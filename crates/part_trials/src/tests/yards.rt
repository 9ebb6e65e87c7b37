// Stores that are taken and given back, over a yard in memory.
ghost use Rattle.std.specs.Prelude.{◌≤◌};

use io_edge::{MemoryYard, PlainDisk};
use std::alloc::{AllocError, Global};
use std::process::Abort;
use std::test::Fail;
use yard_stores::{TakeFault, give_back_all, take_stores};

// So many disks, of which that of this node holds something; none does where it is 0.
fn disks(alloc: Global, count: u8, held: u8) -> Result<Vec<PlainDisk>, AllocError> {
    let mut disks = Vec::new(alloc);
    for node in 1..=count {
        let mut disk = PlainDisk::new(alloc);
        if node == held {
            disk.octets.extend_from_slice(b"mail")?;
        }
        disks.push(disk)?;
    }
    Ok(disks)
}

// Takes the stores of so many nodes from a yard of these disks, and gives back what was taken: what came of it, and how many
// were given back.
fn takes(
    rt: &impl Abort,
    yard: &mut MemoryYard<PlainDisk>,
    alloc: Global,
    nodes: u8,
    wanted: Result<(), TakeFault>,
    back: usize,
) -> Result<(), Fail>
    requires few { nodes ≤ 16 }
{
    let mut stores = Vec::with_capacity(alloc, 16)?;
    assert_eq!(rt; take_stores(yard, "", nodes, &mut stores), wanted);
    give_back_all(yard, stores);
    assert_eq!(rt; yard.returned.len(), back);
    let mut number: u8 = 0;
    for (shard, node, _) in &yard.returned {
        number = number.saturating_add(1);
        assert_eq!(rt; *shard, 0);
        assert_eq!(rt; *node, number);
    }
    Ok(())
}

// A yard of so many disks, of which one holds something.
fn yard(alloc: Global, count: u8, held: u8) -> Result<MemoryYard<PlainDisk>, AllocError> {
    Ok(MemoryYard::new(alloc, disks(alloc, count, held)?))
}

#[test]
fn each_store_is_taken_and_given_back(rt: HostRuntime) -> Result<(), Fail> {
    let alloc = rt.alloc();
    let done = Ok(());
    takes(&rt, &mut yard(alloc, 16, 0)?, alloc, 16, done, 16)?;
    takes(&rt, &mut yard(alloc, 3, 0)?, alloc, 1, done, 1)?;
    takes(&rt, &mut yard(alloc, 3, 0)?, alloc, 0, done, 0)?;
    // The yard has no store for node 3, and none for node 1; those of nodes 1 and 2 hold something.
    let third = Err(TakeFault::Store(3));
    takes(&rt, &mut yard(alloc, 2, 0)?, alloc, 3, third, 2)?;
    let second = Err(TakeFault::Store(2));
    takes(&rt, &mut yard(alloc, 3, 2)?, alloc, 3, second, 2)?;
    let first = Err(TakeFault::Store(1));
    takes(&rt, &mut yard(alloc, 0, 0)?, alloc, 1, first, 0)?;
    takes(&rt, &mut yard(alloc, 3, 1)?, alloc, 3, first, 1)
}
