// What pushes, acknowledgements and retirements do to a table and a log of node 1: a list of steps.
ghost use Rattle.std.specs.Prelude.{IfOk};
ghost use Rattle.mail_model.specs.Grammar.{IsOfKind};
ghost use Rattle.mail_model.specs.Identity.Value.{Here, Gone};
ghost use Rattle.mail_base.specs.Seen.{key_seen};

use mail_base::{Key, MsgId, Name, NodeNo, NodeSet, ObjState, Stamp, Value};
use object_table::ObjectTable;
use replica_push::{hear_ack, hear_push, hear_retired, widen};
use std::alloc::Global;
use std::test::Fail;
use update_log::{Acked, UpdateLog};

/// A step over the copy of message 1.1.1 in the mailbox `ann`, and what has to come of it. Nodes are a mask.
#[derive(Clone, Copy)]
enum Step {
    /// It is heard that the copy is here, by the first stamp, for these targets: whether there is something to record.
    Here(u16, bool),
    /// It is heard that the copy is gone, by the second stamp.
    Gone(u16, bool),
    /// Node 3 is to be a target: whether it becomes one.
    Widen(bool),
    /// Node 2 acknowledges that the copy is here for these targets.
    Ack(u16, Acked),
    /// An entry that the copy is here is retired: whether there was one.
    RetiredHere(u16, bool),
    /// An entry that the copy is gone is retired.
    RetiredGone(u16, bool),
    /// The copy stands here for these targets, and for these nodes it remains in the log.
    StandsHere(u16, u16),
    /// The copy stands as gone.
    StandsGone(u16, u16),
    /// The log has no entry.
    NoEntry,
}

/// The key of message 1.1.1 in the mailbox `ann`.
fn key_of_ann(alloc: Global) -> Result<Key, Fail>
    ensures here { IfOk result (λ key. IsOfKind (key_seen key) Here) }
    ensures gone { IfOk result (λ key. IsOfKind (key_seen key) Gone) }
{
    let (Some(name), Some(node)) = (Name::spelt(alloc, b"ann")?, NodeNo::new(1)) else {
        return Err(Fail::new("no name"));
    };
    match MsgId::new(node, 1, 1) {
        Some(id) => Ok(Key::Message(name, id)),
        None => Err(Fail::new("no id")),
    }
}

fn node(number: u8) -> Result<NodeNo, Fail> {
    match NodeNo::new(number) {
        Some(node) => Ok(node),
        None => Err(Fail::new("no node")),
    }
}

fn here(targets: u16) -> ObjState {
    ObjState::new(
        Value::Here,
        Stamp::new(1, 1, 1),
        NodeSet::from_mask(targets),
    )
}

fn gone(targets: u16) -> ObjState {
    ObjState::new(
        Value::Gone,
        Stamp::new(2, 1, 1),
        NodeSet::from_mask(targets),
    )
}

// Whether the table has this state, and the log has it with these nodes remaining.
fn stand(table: &ObjectTable, log: &UpdateLog, key: &Key, state: &ObjState, left: u16) -> bool {
    match (table.state(key), log.entry(key)) {
        (Some(held), Some(entry)) => {
            held.is_same(state)
                && entry.state.is_same(state)
                && entry.remaining == NodeSet::from_mask(left)
        }
        _ => false,
    }
}

fn hear_here(
    alloc: Global,
    table: &mut ObjectTable,
    log: &mut UpdateLog,
    targets: u16,
) -> Result<bool, Fail> {
    let (key, own) = (key_of_ann(alloc)?, node(1)?);
    let state = ObjState::new(
        Value::Here,
        Stamp::new(1, 1, 1),
        NodeSet::from_mask(targets),
    );
    Ok(hear_push(table, log, &key, &state, own)?.is_some())
}

fn hear_gone(
    alloc: Global,
    table: &mut ObjectTable,
    log: &mut UpdateLog,
    targets: u16,
) -> Result<bool, Fail> {
    let (key, own) = (key_of_ann(alloc)?, node(1)?);
    let state = ObjState::new(
        Value::Gone,
        Stamp::new(2, 1, 1),
        NodeSet::from_mask(targets),
    );
    Ok(hear_push(table, log, &key, &state, own)?.is_some())
}

fn widens(alloc: Global, table: &mut ObjectTable, log: &mut UpdateLog) -> Result<bool, Fail> {
    let (key, to, own) = (key_of_ann(alloc)?, node(3)?, node(1)?);
    Ok(widen(table, log, &key, to, own)?)
}

// Whether the step does as it says.
fn does(
    alloc: Global,
    table: &mut ObjectTable,
    log: &mut UpdateLog,
    step: &Step,
) -> Result<bool, Fail> {
    let key = key_of_ann(alloc)?;
    match step {
        Step::Here(targets, news) => Ok(hear_here(alloc, table, log, *targets)? == *news),
        Step::Gone(targets, news) => Ok(hear_gone(alloc, table, log, *targets)? == *news),
        Step::Widen(widened) => Ok(widens(alloc, table, log)? == *widened),
        Step::Ack(targets, answer) => {
            Ok(hear_ack(log, &key, &here(*targets), node(2)?) == *answer)
        }
        Step::RetiredHere(targets, was) => Ok(hear_retired(log, &key, &here(*targets)) == *was),
        Step::RetiredGone(targets, was) => Ok(hear_retired(log, &key, &gone(*targets)) == *was),
        Step::StandsHere(targets, left) => Ok(stand(table, log, &key, &here(*targets), *left)),
        Step::StandsGone(targets, left) => Ok(stand(table, log, &key, &gone(*targets), *left)),
        Step::NoEntry => Ok(log.entry(&key).is_none()),
    }
}

// How many steps are taken over an empty table and an empty log, until one does not do as it says.
fn goes(alloc: Global, steps: &[Step]) -> Result<usize, Fail> {
    let mut table = ObjectTable::new(alloc);
    let mut log = UpdateLog::new(alloc);
    for (at, step) in steps.iter().enumerate() {
        if !does(alloc, &mut table, &mut log, step)? {
            return Ok(at);
        }
    }
    Ok(steps.len())
}

#[test]
fn a_copy_comes_widens_and_goes(rt: HostRuntime) -> Result<(), Fail> {
    let steps = [
        Step::Widen(false),
        Step::Here(0b011, true),
        Step::StandsHere(0b011, 0b010),
        Step::Here(0b001, false),
        Step::StandsHere(0b011, 0b010),
        Step::Widen(true),
        Step::Widen(false),
        Step::StandsHere(0b111, 0b110),
        // The acknowledgement of the state before it clears nothing.
        Step::Ack(0b011, Acked::Other),
        Step::StandsHere(0b111, 0b110),
        Step::Ack(0b111, Acked::Cleared),
        Step::StandsHere(0b111, 0b100),
        Step::Gone(0b111, true),
        Step::Here(0b111, false),
        Step::Widen(false),
        Step::StandsGone(0b111, 0b110),
        Step::RetiredHere(0b111, false),
        Step::RetiredGone(0b111, true),
        Step::NoEntry,
    ];
    assert_eq!(rt; goes(rt.alloc(), &steps)?, steps.len());
    Ok(())
}

#[test]
fn the_last_acknowledgement_ends_an_entry(rt: HostRuntime) -> Result<(), Fail> {
    let steps = [
        Step::Here(0b011, true),
        Step::Ack(0b011, Acked::Emptied),
        Step::NoEntry,
    ];
    assert_eq!(rt; goes(rt.alloc(), &steps)?, steps.len());
    Ok(())
}
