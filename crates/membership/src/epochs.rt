// Which of two epochs is the later.
ghost use Rattle.std.specs.Prelude.{◌≡◌};
ghost use Rattle.user_map.specs.Plain.{is_before};
ghost use Rattle.object_model.specs.Keys.{is_same_epoch};

use mail_base::EpochId;

/// Whether the first comes before the second.
pub(crate) fn is_before(a: EpochId, b: EpochId) -> bool
    ensures { result ≡ is_before a b }
{
    a.count < b.count || (a.count == b.count && a.node < b.node)
}

/// Whether both are one epoch.
pub(crate) fn is_same(a: EpochId, b: EpochId) -> bool
    ensures { result ≡ is_same_epoch a b }
{
    a.count == b.count && a.node == b.node
}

**Exercise objective**
The lines above that hold the word "AllocError" are the ones to copy.

**Solution**
use std::alloc::{AllocError, Global};
fn disks(alloc: Global, count: u8, held: u8) -> Result<Vec<PlainDisk>, AllocError> {
fn yard(alloc: Global, count: u8, held: u8) -> Result<MemoryYard<PlainDisk>, AllocError> {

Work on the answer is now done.